The reason for this outage was due to EC2/ASG issues within the AWS eu-central-1 region. This meant nodes were not able to spin up to handle an increase in traffic. Eventually, all resources were consumed causing unresponsiveness and 5xx errors. Normal service was restored when Amazon managed to resolve the issue.

Cronofy has conducted a full postmortem and identified remediation steps. These include improving monitoring of the Cronofy infrastructure and additional infrastructure to fallback to in the event of a reoccurrence.

Please contact our support team with any further queries at support@cronofy.com.

Thanks

Karl Bagci, Head of Operations

Posted Nov 14, 2019 - 14:45 UTC

Resolved

The underlying AWS incident has been marked resolved and we have not seen any problems since then.

Posted Nov 12, 2019 - 14:30 UTC

Update

Service seems stable but AWS are still reporting issues (see https://status.aws.amazon.com/).

Until AWS close their incidents we will monitor in case of regression.

Posted Nov 12, 2019 - 11:51 UTC

Monitoring

There seems to have been a general issue with provisioning additonal servers within AWS Frankfurt (eu-central-1) as several mechanisms we tried were failing.

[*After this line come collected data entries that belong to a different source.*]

// What a sheet says, read off its record.
ghost use Rattle.std.specs.Prelude.{◌≡◌, ℕ, ◌<◌, length, slice_index};
ghost use Rattle.sheet.specs.Rules.{Keeps, length_of, row_at};
ghost use Rattle.sheet.specs.Sheets.{sheet_of, smallest, rule_length};

use crate::record::Sheet;
use crate::row::Row;

impl Sheet {
    // The smallest sheet: one fact, and one row that is always met.
    pub fn new() -> Sheet
        ensures { sheet_of result ≡ smallest }
    {
        Sheet {
            facts: 1,
            count: 1,
            rows: [Row::Always; 32],
            lengths: [0; 32],
        }
    }

    // How many facts a frame has.
    pub fn facts(&self) -> u8
        ensures { result ≡ (sheet_of self.now).facts }
    {
        self.facts
    }

    // The rows, the rule last. They keep the rules, whatever was done to the record before.
    pub fn rows(&self) -> &[Row]
        ensures rows { result.now ≡ (sheet_of self.now).rows }
        ensures keeps { Keeps (sheet_of self.now) }
    {
        &self.rows[..self.count as usize]
    }

    // The length of each row.
    pub fn lengths(&self) -> &[u8]
        ensures count { length result.now ≡ length (sheet_of self.now).rows }
        ensures each { (k : ℕ) → k < length result.now → slice_index result.now k ≡ length_of (row_at (sheet_of self.now).rows) k }
    {
        &self.lengths[..self.count as usize]
    }

    // The length of the rule. A take has one frame more.
    pub fn length(&self) -> u8
        ensures { result ≡ rule_length (sheet_of self.now) }
    {
        self.lengths[self.count as usize - 1]
    }
}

This could be related to the network errors reported by AWS but is not confirmed by their status updates.

These appear to be working now, at least partially, and sufficient capacity has been added to resume normal service and also catch up with the backlog of work.

We are continuing to monitor and have changed configuration to ensure we are overprovisioned whilst we understand what is happening.

Posted Nov 12, 2019 - 09:59 UTC

Update

Additional servers failed to be added as load increased, this may be related to some network issues reported by Amazon in the eu-central-1 region but we are still investigating.

We're taking steps to restore normal service whilst continuing investigation.

Posted Nov 12, 2019 - 09:25 UTC

Investigating

We are currently investigating this issue.

Posted Nov 12, 2019 - 08:32 UTC

This incident affected: API, Background Processing, and Developer Dashboard.